• [PROBLEM STATEMENT] Where in the data below does the word "than" appear? Copy every line that has it.

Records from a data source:
++++++++++++++++++++
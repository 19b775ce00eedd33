// Opening, booking, committing and dropping.
ghost use Rattle.std.specs.Prelude.{◌≡◌, refl, ℕ, ◌+◌, ◌<◌, ◌≤◌, pos, slice_index_or, true};
ghost use Rattle.books.specs.Ledgers.{ledger_absent, ledger_limited};
ghost use Rattle.terms.specs.Limits.{security_count, trial_limit};
ghost use Rattle.terms.specs.declared.layer.Layer.TheVariants as layers;
ghost use Rattle.trials.specs.Trials.{Commits, Taken, laid, moves, nonzero, posting, postings, trial_account, trial_meaning, trial_nets};

use super::Trial;
use books::book::{Book, Positions};
use books::booking::Booking;
use books::ledger::Ledger;
use terms::fault::Fault;
use terms::layer::Layer;
use terms::limits::{SECURITIES, TRIAL_BOOKINGS};
use terms::refusal::Refusal;

impl<B: Book> Trial<B> {
    /// Every trial quantity is 0, and 1,000 bookings are left.
    pub fn open(below: B) -> Self
        ensures below { result.below ≡ below }
        ensures holdings { (trial_account result).holdings ≡ (B.Book.meaning.account below).holdings }
        ensures left { (trial_account result).left ≡ trial_limit }
    {
        let above = Ledger::copy_of_book(&below, TRIAL_BOOKINGS as u32);
        Trial { below, above }
    }

    /// The book below, as it is.
    pub fn into_below(self) -> B
        ensures { result ≡ self.below }
    {
        let Trial { below, above: _ } = self;
        below
    }

    // What the layer has above the book below, of each security.
    fn quantities(&self) -> [i64; SECURITIES]
        ensures { (s : ℕ) → s < security_count → slice_index_or result s (pos 0) ≡ (laid B.Book.meaning self.now s).net }
    {
        let mut quantities = self.below.all_nets();
        // Kept: tried; of a number that is written through `iter_mut` the proof knows less than of one written at its place.
        for security in 0..SECURITIES {
            quantities[security] = self.above.net_at(security as u16) - quantities[security];
        }
        quantities
    }

    // How many of its trial quantities are other than 0.
    fn trial_count(&self, quantities: &[i64; SECURITIES]) -> u32
        requires { (s : ℕ) → s < security_count → slice_index_or quantities.now s (pos 0) ≡ (laid B.Book.meaning self.now s).net }
        ensures { result ≡ nonzero (laid B.Book.meaning self.now) }
    {
        quantities.iter().filter(|quantity| **quantity != 0).count() as u32
    }

    // Posts the trial quantity of a security, where it is other than 0. It is not refused: the net below comes to the net of
    // the layer, which keeps to the limit.
    fn post_one(&mut self, security: u16, quantity: i64)
        requires known { security < security_count }
        requires quantity { quantity ≡ (laid B.Book.meaning self.old security).net }
        requires room { moves (laid B.Book.meaning self.old) security ≡ true → 0 < (B.Book.meaning.account self.old.below).left }
        ensures above { self.new.above ≡ self.old.above }
        ensures taken { Taken B.Book.meaning self.old.below (posting (laid B.Book.meaning self.old) security) self.new.below }
    {
        if quantity != 0 {
            self.below.book(Booking { security, quantity }).unwrap();
        }
    }

    // Posts one booking for each trial quantity other than 0, by rising security. The book below comes to the nets of the
    // layer.
    #[tactic(auto, using(crate::proofs::Posting::walked_none, crate::proofs::Posting::walked_room, crate::proofs::Posting::walked_quantity, crate::proofs::Posting::walked_next))]
    fn post(&mut self, quantities: &[i64; SECURITIES])
        requires room { nonzero (laid B.Book.meaning self.old) ≤ (B.Book.meaning.account self.old.below).left }
        requires quantities { (s : ℕ) → s < security_count → slice_index_or quantities.now s (pos 0) ≡ (laid B.Book.meaning self.old s).net }
        ensures above { self.new.above ≡ self.old.above }
        ensures still { (trial_account self.new).holdings ≡ (trial_account self.old).holdings }
        ensures holdings { (B.Book.meaning.account self.new.below).holdings ≡ (trial_account self.old).holdings }
        ensures left { (B.Book.meaning.account self.new.below).left + nonzero (laid B.Book.meaning self.old) ≡ (B.Book.meaning.account self.old.below).left }
        ensures taken { Taken B.Book.meaning self.old.below (postings (laid B.Book.meaning self.old) security_count) self.new.below }
    {
        for security in 0..SECURITIES as u16 {
            self.post_one(security, quantities[security as usize]);
        }
    }

    /// Posts the trial quantities to the book below, and gives back all bookings of the layer.
    pub fn commit(&mut self) -> Result<(), Fault>
        ensures { Commits B.Book.meaning self.old result self.new }
    {
        let quantities = self.quantities();
        if self.below.bookings_left() < self.trial_count(&quantities) {
            return Err(Refusal::TooFewBookingsBelow.at(0));
        }
        self.post(&quantities);
        self.above.renew(TRIAL_BOOKINGS as u32);
        Ok(())
    }

    /// Sets every trial quantity to 0, and gives back all bookings of the layer.
    pub fn drop_trial(&mut self)
        ensures below { self.new.below ≡ self.old.below }
        ensures holdings { (trial_account self.new).holdings ≡ (B.Book.meaning.account self.old.below).holdings }
        ensures left { (trial_account self.new).left ≡ trial_limit }
    {
        self.above = Ledger::copy_of_book(&self.below, TRIAL_BOOKINGS as u32);
    }
}

impl<B: Book> Positions for Trial<B> {
    ghost nets = { trial_nets };

    ghost layer = { layers.Trial };

    ghost limited = { λ t. ledger_limited t.above };

    ghost absent = { λ t. ledger_absent t.above };

    fn net(&self, security: u16) -> Result<i64, Fault> {
        self.above.net(Layer::Trial, security)
    }

    fn all_nets(&self) -> [i64; SECURITIES] {
        self.above.nets()
    }
}

impl<B: Book> Book for Trial<B> {
    // A booking leaves the book below as it is.
    ghost meaning = { trial_meaning };

    ghost netted = { λ t. refl };

    ghost named = { refl };

    fn bookings_left(&self) -> u32 {
        self.above.bookings_left()
    }

    fn book(&mut self, booking: Booking) -> Result<(), Fault> {
        self.above.book(Layer::Trial, booking)
    }
}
++++++++++++++++++++
• [RESPONSE TO THIS TASK]
        // Kept: tried; of a number that is written through `iter_mut` the proof knows less than of one written at its place.
    // How many of its trial quantities are other than 0.
    // Posts the trial quantity of a security, where it is other than 0. It is not refused: the net below comes to the net of
    // Posts one booking for each trial quantity other than 0, by rising security. The book below comes to the nets of the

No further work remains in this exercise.